Os pilotos têm a obrigação de conhecer as regras do espaço aéreo e portanto têm a obrigação de saber que voar no nível 370 de Brasília a Manaus era uma sentença de morte idependente de qualquer coisa que tivessem dito ou autorizado os controladores de vôo. Se os erros dos controladores foram grave, foram endossados pelos pilotos por ignorância do espaço aéreo brasileiro.
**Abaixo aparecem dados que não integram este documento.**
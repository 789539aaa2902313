//! What a message is on a data connection that waits to be bound (RFC 6062, section 4.3).

ghost use Rattle.std.specs.List.{list_any};
ghost use Rattle.std.specs.Prelude.{◌≡◌, ◌&&◌};
ghost use Rattle.turn_agent.specs.Agent.{is_response};
ghost use Rattle.turn_client_api.specs.Grants.{purposes_of};
ghost use Rattle.turn_client_api.specs.Judgement.{bind_judgement, class_in, is_bind_of};
ghost use Rattle.turn_client_core.specs.Judged.{judgement_in};
ghost use Rattle.turn_stun.specs.Message.{id_of};

use crate::protocol::TurnClientProtocol;
use crate::protocol::incoming::judge::Judged;
use std::net::SocketAddr;
use turn_auth::Verdict;
use turn_stun::message::Message;

impl TurnClientProtocol {
    /// What the message is to the data connection from this local address, which waits to be bound:
    /// only a signed success response to its CONNECTION_BIND binds it. Allocates no memory, and
    /// computes no digest for a message that answers no such request.
    #[tactic(auto, using(crate::proofs::AuthLemmas::signs_as))]
    pub(crate) fn judge_bind<'a>(&self, local: SocketAddr, message: &Message<'a>) -> Judged<'a>
        ensures { judgement_in result ≡ bind_judgement self.now local message.now }
    {
        if !self.answers_bind(local, message) {
            return Judged::Fatal;
        }
        match self.auth.judge(message) {
            Verdict::Signed(_) => self.signed_or(message, Judged::Fatal),
            Verdict::Challenge(challenge) => Judged::Challenged(challenge),
            Verdict::Refused { .. } => Judged::Fatal,
        }
    }

    /// Whether the message is a response to a request to bind the data connection from this local
    /// address.
    fn answers_bind(&self, local: SocketAddr, message: &Message<'_>) -> bool
        ensures { result ≡ (is_response (class_in message.now) && list_any (is_bind_of local) (purposes_of (id_of message.now) self.now)) }
    {
        message.is_response()
            && self
                .ledger
                .table()
                .bind_purpose(message.transaction_id(), local)
                .is_some()
    }
}
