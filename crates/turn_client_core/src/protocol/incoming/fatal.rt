//! The end of a client.

ghost use Rattle.std.specs.Prelude.{◌≡◌, [], IfOk, IsOk, OnErr, OnOk};
ghost use Rattle.turn_client_api.specs.Effect.{closed, transaction_ended, fail_all};
ghost use Rattle.turn_client_api.specs.Payloads.{wrong_step};
ghost use Rattle.turn_client_core.specs.ProtocolRecv.{IsPart, outcome_in};
ghost use Rattle.turn_stun.specs.Message.{id_of};

use crate::protocol::TurnClientProtocol;
use crate::protocol_recv::TurnProtocolRecv;
use std::alloc::AllocError;
use turn_client_api::Phase;
use turn_stun::message::Message;

impl TurnClientProtocol {
    /// Processes a message that ends the client: what the client requests fails. If it answers the
    /// first ALLOCATE, that transaction ends too.
    ///
    /// # Errors
    ///
    /// If memory allocation fails. Nothing changes then.
    pub(crate) fn fatal(&mut self, message: &Message<'_>) -> Result<TurnProtocolRecv, AllocError>
        ensures answer { IfOk result (λ outcome. outcome_in message.now outcome ≡ (wrong_step message.now self.old).0) }
        ensures part { IfOk result (IsPart message.now self.old self.new) }
        ensures after { OnOk result (self.new ≡ (wrong_step message.now self.old).1) }
        ensures err { OnErr result (self.new ≡ self.old) }
        ensures free { self.old.families ≡ [] → IsOk result }
    {
        if self.phase == Phase::Requesting {
            self.fail_with(message)?;
            return Ok(TurnProtocolRecv::Handled);
        }
        self.fail()?;
        Ok(TurnProtocolRecv::Handled)
    }

    /// Ends the request that the message answers, queues failure events for what the client requests,
    /// and ends the client.
    ///
    /// # Errors
    ///
    /// If memory allocation fails. Nothing changes then.
    pub(crate) fn fail_with(&mut self, message: &Message<'_>) -> Result<(), AllocError>
        ensures ok { OnOk result (self.new ≡ closed (fail_all (transaction_ended (id_of message.now) self.old))) }
        ensures err { OnErr result (self.new ≡ self.old) }
        ensures free { self.old.families ≡ [] → IsOk result }
    {
        self.fail()?;
        self.outbox.end(message.transaction_id());
        Ok(())
    }

    /// Queues a failure event for each family that is still requested, and ends the client.
    ///
    /// # Errors
    ///
    /// If memory allocation fails. Nothing changes then.
    pub(crate) fn fail(&mut self) -> Result<(), AllocError>
        ensures ok { OnOk result (self.new ≡ closed (fail_all self.old)) }
        ensures err { OnErr result (self.new ≡ self.old) }
        ensures free { self.old.families ≡ [] → IsOk result }
    {
        self.fail_all()?;
        self.close();
        Ok(())
    }
}
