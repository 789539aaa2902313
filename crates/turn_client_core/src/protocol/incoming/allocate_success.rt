//! What a success response to an ALLOCATE grants (RFC 8656, section 7.3).

ghost use Rattle.std.specs.Prelude.{◌≡◌, [], OnErr, OnOk};
ghost use Rattle.turn_client_api.specs.Effect.{allocate_granted, transaction_ended, phase_with};
ghost use Rattle.turn_client_core.specs.Allocated.{addresses_allocated};
ghost use Rattle.turn_stun.specs.Message.{id_of};

use crate::allocated::taken_addresses;
use crate::protocol::TurnClientProtocol;
use crate::reply::lifetime_in;
use std::alloc::AllocError;
use std::net::SocketAddr;
use turn_client_api::Phase;
use turn_stun::instant::Instant;
use turn_stun::message::Message;

impl TurnClientProtocol {
    /// Grants what the signed success response of the server allocates: the first address of each
    /// requested family. Without a lifetime, or with no address, the client ends. The request is no
    /// longer outstanding.
    ///
    /// # Errors
    ///
    /// `AllocError` if memory allocation fails. Nothing changes then.
    pub(crate) fn allocate_granted(
        &mut self,
        message: &Message<'_>,
        now: Instant,
    ) -> Result<(), AllocError>
        requires phase { self.old.phase ≡ Phase.Authenticating }
        requires before { self.old.grants ≡ [] }
        ensures ok { OnOk result (self.new ≡ allocate_granted message.now now (transaction_ended (id_of message.now) self.old)) }
        ensures err { OnErr result (self.new ≡ self.old) }
    {
        let Some(lifetime) = lifetime_in(message) else {
            return self.fail_with(message);
        };
        self.allocated(lifetime, message, now)
    }

    /// Grants, for so many seconds, the addresses in the response of the server.
    ///
    /// # Errors
    ///
    /// `AllocError` if memory allocation fails. Nothing changes then.
    fn allocated(
        &mut self,
        lifetime: u32,
        message: &Message<'_>,
        now: Instant,
    ) -> Result<(), AllocError>
        requires phase { self.old.phase ≡ Phase.Authenticating }
        requires before { self.old.grants ≡ [] }
        ensures ok { OnOk result (self.new ≡ addresses_allocated lifetime message.now now (transaction_ended (id_of message.now) self.old)) }
        ensures err { OnErr result (self.new ≡ self.old) }
    {
        let families = self.families.as_slice();
        let addresses = taken_addresses(message, families, self.alloc)?;
        self.ledger.reserve(addresses.len(), 0, families.len(), 0)?;
        self.ledger
            .allocated(lifetime, addresses.as_slice(), families, now);
        // As behind each other reply, an idle client holds no room for requests.
        self.ledger.give_back();
        self.outbox.end(message.transaction_id());
        self.phase = phase_with(addresses.as_slice());
        self.families.clear();
        Ok(())
    }
}

/// The phase of a client to which these addresses are granted.
fn phase_with(addresses: &[SocketAddr]) -> Phase
    ensures { result ≡ phase_with addresses.now }
{
    match addresses {
        [] => Phase::Closed,
        [_, ..] => Phase::Allocated,
    }
}
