//! What a session of a relay is asked for: what the one before it had, and what the caller requests.

ghost use Rattle.std.specs.Prelude.{◌≡◌, ℕ, take, slice_get, None, IfOk, OnErr, OnOk};
ghost use Rattle.std.specs.List.{list_any, position};
ghost use Rattle.turn_relay_tries.specs.Wanted.{added, after_request, behind_ticket, is_channel_in, is_wanted, next_of, nothing_wanted, of_key, outcome_of, row_of, ticket_for, ticketed};
ghost use Rattle.turn_relay_tries.specs.Wanted.{wanted_all, wanted_if_kept, wanted_too, with_ticket};

mod asking;
mod outcomes;

use std::alloc::{AllocError, Global};
use std::marker::Model;
use turn_session_book::answers::Outcome;
use turn_session_book::held::HeldGrant;
use turn_session_book::keys::Key;
use turn_session_book::replies::ErrorReply;
use turn_stun::instant::Instant;

/// A key that is wanted. Sessions are numbered from 1 on.
#[derive(Clone, Copy, Debug, PartialEq, Eq)]
pub struct WantedKey {
    /// What is wanted.
    pub key: Key,
    /// Whether it is a channel.
    pub is_channel: bool,
    /// The ticket under which the caller awaits its outcome, or `None` if a session had it before.
    pub ticket: Option<u32>,
    /// The number of the last session that was asked for it, or 0.
    pub asked: u64,
    /// The last answer to it that is in doubt.
    pub doubt: Option<Doubt>,
}

/// The answer of a server that may have forgotten the allocation.
#[derive(Clone, Copy, Debug, PartialEq, Eq)]
pub struct Doubt {
    /// The number of the session that was asked.
    pub session: u64,
    /// When the answer counts, if the session has not ended before.
    pub until: Instant,
    /// The answer.
    pub answer: Unsure,
}

/// An answer to a request that a server gives, too, that has forgotten the allocation.
#[derive(Clone, Copy, Debug, PartialEq, Eq)]
pub enum Unsure {
    /// It refused the request.
    Refused(ErrorReply),
    /// No response was accepted in time. The error is that of the last response that was ignored.
    TimedOut(Option<ErrorReply>),
}

impl Unsure {
    /// The outcome of the request, once the answer counts.
    pub fn outcome(self) -> Outcome
        ensures { result ≡ outcome_of self }
    {
        match self {
            Unsure::Refused(error) => Outcome::Refused(error),
            Unsure::TimedOut(error) => Outcome::TimedOut(error),
        }
    }
}

/// The keys that a session of a relay is asked for, since the one before it had them, or since the caller requests them, in the order
/// in which they were lost and requested. Each key is wanted once.
#[derive(Debug, Drop)]
pub struct Wanted {
    keys: Vec<WantedKey>,
    session: u64,
    next_ticket: u32,
}

impl Model for Wanted {
    ghost use Rattle.turn_relay_tries.specs.WantedState.{WantedState};

    ghost Value = { WantedState };

    ghost view = { λ w. record { keys = w.keys.items; session = w.session; next_ticket = w.next_ticket } };
}

impl Wanted {
    /// Nothing is wanted. The first session is the one that begins next, and the first ticket is 1.
    pub fn new(alloc: Global) -> Wanted
        ensures { result ≡ nothing_wanted }
    {
        Wanted {
            keys: Vec::new(alloc),
            session: 0,
            next_ticket: 1,
        }
    }

    /// The session has lost this key: it is wanted again.
    ///
    /// # Errors
    ///
    /// If memory allocation fails. Nothing changes then.
    pub fn want(&mut self, key: Key) -> Result<(), AllocError>
        ensures ok { OnOk result (self.new ≡ wanted_too key self.old) }
        ensures err { OnErr result (self.new ≡ self.old) }
    {
        if self.is_wanted(key) {
            return Ok(());
        }
        self.keys.reserve(1)?;
        self.keys.push_reserved(WantedKey {
            key,
            is_channel: is_channel(key),
            ticket: None,
            asked: 0,
            doubt: None,
        });
        Ok(())
    }

    /// The session ends that had these grants: those that its caller keeps are wanted again.
    ///
    /// # Errors
    ///
    /// If memory allocation fails. The first of them are wanted then: call it again.
    pub fn want_all(&mut self, grants: &[HeldGrant]) -> Result<(), AllocError>
        ensures ok { OnOk result (self.new ≡ wanted_all grants.now self.old) }
        ensures err { OnErr result ((few : ℕ) × (self.new ≡ wanted_all (take few grants.now) self.old)) }
    {
        for grant in grants {
            self.want_if_kept(grant)?;
        }
        Ok(())
    }

    /// The caller requests this key. Returns the ticket under which it awaits the outcome: that of an earlier request for the key, if
    /// that has no outcome yet.
    ///
    /// # Errors
    ///
    /// If memory allocation fails. Nothing changes then.
    pub fn request(&mut self, key: Key) -> Result<u32, AllocError>
        ensures ticket { IfOk result (λ ticket. ticket ≡ ticket_for key self.old) }
        ensures ok { OnOk result (self.new ≡ after_request key self.old) }
        ensures err { OnErr result (self.new ≡ self.old) }
    {
        match self.row_of(key) {
            Some(row) => Ok(self.ticket_of(row)),
            None => self.add(key),
        }
    }

    /// Whether this key is wanted.
    pub fn is_wanted(&self, key: Key) -> bool
        ensures { result ≡ is_wanted key self.now }
    {
        self.keys.iter().any(|row| row.key == key)
    }

    /// The first key that is wanted.
    pub fn first(&self) -> Option<WantedKey>
        ensures { result ≡ slice_get self.now.keys 0 }
    {
        match self.keys.first() {
            Some(row) => Some(*row),
            None => None,
        }
    }

    /// A session ends that had this grant.
    fn want_if_kept(&mut self, grant: &HeldGrant) -> Result<(), AllocError>
        ensures ok { OnOk result (self.new ≡ wanted_if_kept self.old grant.now) }
        ensures err { OnErr result (self.new ≡ self.old) }
    {
        if grant.is_kept {
            self.want(grant.key)
        } else {
            Ok(())
        }
    }

    /// The ticket of this row, which has one from now on.
    fn ticket_of(&mut self, row: WantedKey) -> u32
        ensures ticket { result ≡ next_of row self.old }
        ensures after { self.new ≡ with_ticket row self.old }
    {
        match row.ticket {
            Some(ticket) => ticket,
            None => {
                let ticket = self.take_ticket();
                self.set_ticket(row.key, ticket);
                ticket
            }
        }
    }

    /// The caller awaits the outcome for this key under this ticket.
    fn set_ticket(&mut self, key: Key, ticket: u32)
        ensures { self.new ≡ ticketed key ticket self.old }
    {
        if let Some(place) = self.place_of(key) {
            let row = self.keys[place];
            self.keys[place] = WantedKey {
                ticket: Some(ticket),
                ..row
            };
        }
    }

    /// The caller requests a key that is not wanted yet.
    fn add(&mut self, key: Key) -> Result<u32, AllocError>
        ensures ticket { IfOk result (λ ticket. ticket ≡ self.old.next_ticket) }
        ensures ok { OnOk result (self.new ≡ added key self.old) }
        ensures err { OnErr result (self.new ≡ self.old) }
    {
        self.keys.reserve(1)?;
        self.keys.push_reserved(WantedKey {
            key,
            is_channel: is_channel(key),
            ticket: Some(self.next_ticket),
            asked: 0,
            doubt: None,
        });
        Ok(self.take_ticket())
    }

    /// The next ticket.
    fn take_ticket(&mut self) -> u32
        ensures ticket { result ≡ self.old.next_ticket }
        ensures after { self.new ≡ behind_ticket self.old }
    {
        let ticket = self.next_ticket;
        self.next_ticket = ticket.wrapping_add(1);
        ticket
    }

    /// What is wanted of this key.
    pub(crate) fn row_of(&self, key: Key) -> Option<WantedKey>
        ensures { result ≡ row_of key self.now }
    {
        match self.place_of(key) {
            Some(place) => Some(self.keys[place]),
            None => None,
        }
    }

    /// The place of this key.
    pub(crate) fn place_of(&self, key: Key) -> Option<usize>
        ensures { result ≡ position (of_key key) self.now.keys }
    {
        self.keys.iter().position(|row| row.key == key)
    }
}

/// Whether this key is a channel.
fn is_channel(key: Key) -> bool
    ensures { result ≡ is_channel_in key }
{
    matches!(key, Key::Channel(_))
}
Além disso, todos devem entender que um plano de vôo é uma coisa muito séria. O plano de vôo do Legacy foi preparado por uma empresa altamente especializada, contém páginas e páginas de instrução. Prevê níveis adequados de vôo e velocidade ao consumo de combustível e às regras do espaço aéreo. É transmitido diretamente pelo sistema da empresa ao sistema de controle de vôo. Já escrevi e mostrei neste blog sua relevância, o imperativo de seu estudo e preparação pelos pilotos. Para que serve então todo este cuidado? Para botar no bolso, como fizeram os pilotos? Se a torre está autorizando algo completamente contrário ao requisitado, é preciso que se esclareça. Combustível e velocidade são determinados pelo plano de vôo, não se pode ir mudando assim sem mais nem menos sem por o vôo em risco. Onde estão os comentários do NTSB sobre mudanças de planos de vôos intempestivas e não justificadas? A mudança de um plano de vôo, da forma como estava sendo feita, comprometendo todo o planejamento é muito grave. Mas não se encontra uma palavra sobre isto nos comentários do NTSB, mais uma vez confirmando sua tendenciosidade.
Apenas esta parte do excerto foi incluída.